It might be a classic case of "boiled frog" because few have realized that
ever since Intel switched to PCIe, Intel chips have been starved for PCIe
lanes. There has been no point to SLI in a consumer configuration because
there just is not enough I/O bandwidth to support two graphics cards. In fact,
Intel hopes you will settle on "integrated graphics" (the same as on a phone)
so you won't have a reason to buy a computer instead of a phone.

Optane is a story like 10 nm. Just add tone-deaf marketing that makes a
potentially revolutionary product seem like nothing.

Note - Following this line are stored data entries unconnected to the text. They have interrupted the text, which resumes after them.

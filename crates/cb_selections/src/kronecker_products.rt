//! The Kronecker product.
ghost use Rattle.std.specs.Prelude.{◌≡◌, ◌≢◌, ℕ, ◌<◌, ◌≤◌, ◌*◌, ◌+◌, length, All, AllPairs, IfOk, OnOk};
ghost use Rattle.cb_matrix.specs.Sparse.{IsMatrix};
ghost use Rattle.cb_matrix.specs.Values.{empty_matrix};
ghost use Rattle.cb_product.specs.SparseColumn.{IsSparseColumn};
ghost use Rattle.cb_operations.specs.SelectionAnswers.{kronecker, pair_shape};
ghost use Rattle.cb_selections.specs.KernelSteps.{IsPaired};

use crate::shape_of;
use cb_dcsc::Block;
use cb_matrix::LIMIT;
use cb_semirings::Semiring;
use std::alloc::{AllocError, Global};

/// The Kronecker product of two blocks: each value of the first is replaced by its products with all of the second.
/// Products of zero aren't stored.
///
/// Costs a few instructions for each pair of an entry of the first and one of the second.
pub fn kronecker<S: Semiring>(
    alloc: Global,
    left: &Block<S>,
    right: &Block<S>,
) -> Result<Block<S>, AllocError>
    requires rows { left.now.shape.rows * right.now.shape.rows ≤ LIMIT }
    requires cols { left.now.shape.cols * right.now.shape.cols ≤ LIMIT }
    ensures { IfOk result (λ product. product ≡ kronecker S.arithmetic left.now right.now) }
{
    let outer = left.shape();
    let inner = right.shape();
    let shape = shape_of(outer.rows() * inner.rows(), outer.cols() * inner.cols());
    let mut out = Block::empty(alloc, shape);
    let mut rows = Vec::new(alloc);
    let mut values = Vec::new(alloc);
    push_products(&mut out, &mut rows, &mut values, left, right)?;
    Ok(out)
}

/// Stores the Kronecker product in an empty block. The lists hold one column at a time.
fn push_products<S: Semiring>(
    out: &mut Block<S>,
    kept_rows: &mut Vec<u32>,
    kept_values: &mut Vec<u64>,
    left: &Block<S>,
    right: &Block<S>,
) -> Result<(), AllocError>
    requires left { IsMatrix S.arithmetic left.now }
    requires right { IsMatrix S.arithmetic right.now }
    requires rows { left.now.shape.rows * right.now.shape.rows ≤ LIMIT }
    requires cols { left.now.shape.cols * right.now.shape.cols ≤ LIMIT }
    requires out_matrix { IsMatrix S.arithmetic out.old }
    requires empty { out.old ≡ empty_matrix (pair_shape left.now right.now) }
    ensures { OnOk result (out.new ≡ kronecker S.arithmetic left.now right.now) }
{
    let height = right.shape().rows();
    let width = right.shape().cols();
    let outer = left.column_numbers();
    let inner = right.column_numbers();
    for n in 0..outer.len() {
        let (left_rows, left_values) = left.nth_column(n);
        for m in 0..inner.len() {
            let (rows, values) = right.nth_column(m);
            pair_column::<S>(
                kept_rows,
                kept_values,
                left_rows,
                left_values,
                rows,
                values,
                height,
            )?;
            let column = outer[n] * width + inner[m];
            out.push_column(column, kept_rows, kept_values)?;
        }
    }
    Ok(())
}

/// Fills the two lists with the rows and values of the Kronecker product of two columns, of which the second has `height`
/// rows.
fn pair_column<S: Semiring>(
    kept_rows: &mut Vec<u32>,
    kept_values: &mut Vec<u64>,
    left_rows: &[u32],
    left_values: &[u64],
    rows: &[u32],
    values: &[u64],
    height: u32,
) -> Result<(), AllocError>
    requires left { IsSparseColumn S.arithmetic left_rows.now left_values.now }
    requires right { IsSparseColumn S.arithmetic rows.now values.now }
    requires low { All (λ i. i < height) rows.now }
    requires limit { All (λ i. (i + 1) * height ≤ LIMIT) left_rows.now }
    ensures column { OnOk result (IsSparseColumn S.arithmetic kept_rows.new.items kept_values.new.items) }
    ensures values { OnOk result (IsPaired S.arithmetic height left_rows.now left_values.now rows.now values.now kept_rows.new.items kept_values.new.items) }
{
    kept_rows.clear();
    kept_values.clear();
    for n in 0..left_rows.len() {
        for m in 0..rows.len() {
            let value = S::mul(left_values[n], values[m]);
            if value != S::zero() {
                kept_rows.push(left_rows[n] * height + rows[m])?;
                kept_values.push(value)?;
            }
        }
    }
    Ok(())
}
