//! A block updated by another one under a mask: the step that ends each operation of GraphBLAS.
ghost use Rattle.std.specs.Prelude.{◌≡◌, Some, None, IfOk, IfSome, option_copied};
ghost use Rattle.cb_matrix.specs.Operations.{sum_of};
ghost use Rattle.cb_selections.specs.Updates.{updated, allowed};

use cb_dcsc::Block;
use cb_elementwise::{add, exclude};
use cb_semirings::Semiring;
use std::alloc::{AllocError, Global};

/// How an update writes.
#[derive(Clone, Copy)]
pub struct WriteBack {
    /// The mask is complemented: it allows the places where it has no entry. The complement of no mask allows none.
    pub complement: bool,
    /// A new value is added to the old one by the semiring's sum. Otherwise it takes its place.
    pub accumulate: bool,
    /// The old entries at the places that the mask doesn't allow are dropped. Otherwise they stay.
    pub replace: bool,
}

/// The old block, updated by a new one of its shape at the places that the mask allows: those where it has an entry,
/// whatever its value. No mask allows all places. An old entry at such a place is dropped if the new block has none there,
/// unless the update accumulates. This is the write-back of The GraphBLAS C API Specification, version 2.1, section 4.3.
///
/// Costs a few instructions for each entry of the three.
pub fn update<S: Semiring>(
    alloc: Global,
    how: WriteBack,
    old: &Block<S>,
    new: &Block<S>,
    mask: Option<&Block<S>>,
) -> Result<Block<S>, AllocError>
    requires shape { new.now.shape ≡ old.now.shape }
    requires mask_shape { IfSome mask (λ m. m.now.shape ≡ old.now.shape) }
    ensures { IfOk result (λ m. m ≡ updated S.arithmetic how (option_copied mask.entry) old.now new.now) }
{
    match mask {
        Some(mask) => update_under(alloc, how, old, new, mask),
        None => update_all(alloc, how, old, new),
    }
}

/// The update without a mask: of all places, or of none if it is complemented.
fn update_all<S: Semiring>(
    alloc: Global,
    how: WriteBack,
    old: &Block<S>,
    new: &Block<S>,
) -> Result<Block<S>, AllocError>
    requires { new.now.shape ≡ old.now.shape }
    ensures { IfOk result (λ m. m ≡ updated S.arithmetic how None old.now new.now) }
{
    prove_eq!(new.shape(), old.shape());
    if how.complement {
        return if how.replace {
            Ok(Block::empty(alloc, old.shape()))
        } else {
            old.try_clone()
        };
    }
    if how.accumulate {
        add(alloc, old, new)
    } else {
        new.try_clone()
    }
}

/// The update under a mask.
fn update_under<S: Semiring>(
    alloc: Global,
    how: WriteBack,
    old: &Block<S>,
    new: &Block<S>,
    mask: &Block<S>,
) -> Result<Block<S>, AllocError>
    requires shape { new.now.shape ≡ old.now.shape }
    requires mask_shape { mask.now.shape ≡ old.now.shape }
    ensures { IfOk result (λ m. m ≡ updated S.arithmetic how (Some mask.now) old.now new.now) }
{
    prove_eq!(new.shape(), old.shape());
    let written = allowed(alloc, new, mask, how.complement)?;
    if how.accumulate {
        if how.replace {
            add_allowed(alloc, old, mask, how.complement, &written)
        } else {
            add(alloc, old, &written)
        }
    } else if how.replace {
        Ok(written)
    } else {
        add_allowed(alloc, old, mask, !how.complement, &written)
    }
}

/// The entries of a block at the places that the mask allows.
fn allowed<S: Semiring>(
    alloc: Global,
    block: &Block<S>,
    mask: &Block<S>,
    complement: bool,
) -> Result<Block<S>, AllocError>
    requires { mask.now.shape ≡ block.now.shape }
    ensures { IfOk result (λ kept. kept ≡ allowed S.arithmetic complement mask.now block.now) }
{
    if complement {
        exclude(alloc, block, mask)
    } else {
        cb_elementwise::mask(alloc, block, mask)
    }
}

/// The sum of the entries of a block at the places that the mask allows, and those of another block.
fn add_allowed<S: Semiring>(
    alloc: Global,
    block: &Block<S>,
    mask: &Block<S>,
    complement: bool,
    other: &Block<S>,
) -> Result<Block<S>, AllocError>
    requires mask_shape { mask.now.shape ≡ block.now.shape }
    requires shape { other.now.shape ≡ block.now.shape }
    ensures { IfOk result (λ sum. sum ≡ sum_of S.arithmetic (allowed S.arithmetic complement mask.now block.now) other.now) }
{
    let kept = allowed(alloc, block, mask, complement)?;
    add(alloc, &kept, other)
}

Probably the thing that has hurt the PC industry the most is the slow
transition to SSD. Given a choice to a brand new computer that has an i7 chip
and an HDD which will show you a spinning cursor most of the time, or an eight
year old computer with a new SSD which can boot before you get old, the choice
is obvious.

If Intel had said something like "an i5 chip has to come with an SSD" or if
Microsoft had required SSDs for the Windows 8 launch people would be like "Wow
this is much better than what I had before." As it is, Intel has mandated a
Meh experience for a long time and the tech press has let them get away with
it. (It's murdered the tech press too since now all Tom's Hardware talks about
is RGB lighted fans and the really cool monitors that might get released
someday...)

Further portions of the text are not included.